Discrete Time Markov Chains: Steady State Distributions

Suppose that bases (letters) in DNA sequences can be modeled as a Markov chain with state space (A, C, G, T) and transition matrix

P = rbind(
  c(0.36, 0.15, 0.20, 0.29),
  c(0.41, 0.16, 0.04, 0.39),
  c(0.30, 0.21, 0.14, 0.35),
  c(0.31, 0.19, 0.18, 0.32)
)
A C G T
A 0.36 0.15 0.20 0.29
C 0.41 0.16 0.04 0.39
G 0.30 0.21 0.14 0.35
T 0.31 0.19 0.18 0.32
  1. One of the following is the unique stationary distribution. Identify which one it is and explain your reasoning conceptually without doing any calculations.

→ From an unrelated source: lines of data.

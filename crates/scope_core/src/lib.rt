//! What names mean in the modules of a set.
#![tactic(auto)]

mod bases;
mod fault;
mod faults;
mod laws;
mod scopes;
mod settled;
mod sums;

pub use fault::ScopeFault;
pub use laws::one_scope_fault;
pub use scope_tables::entity::{EntityId, Sort};
pub use scope_tables::looked::Looked;
pub use scopes::Scopes;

\[\begin{align*} \boldsymbol{\pi}_1 & = [0.1742, 0.3430, 0.3266, 0.1562]\\ \boldsymbol{\pi}_2 & = [0.3430, 0.1742, 0.1562, 0.3266]\\ \boldsymbol{\pi}_3 & = [0.4935, 0.0093, 0.0057, 0.4915] \end{align*}\]

  1. Now use software to find the stationary distribution.

  2. Find the probability that C is followed two letters later by T.

  3. Find the probability that A is followed two letters later by T.

  4. Find the probability that C is followed 100 letters later by T.

  5. Find the probability that A is followed 100 letters later by T.

  6. Find the probability that a three letter sequences spell “CAT”.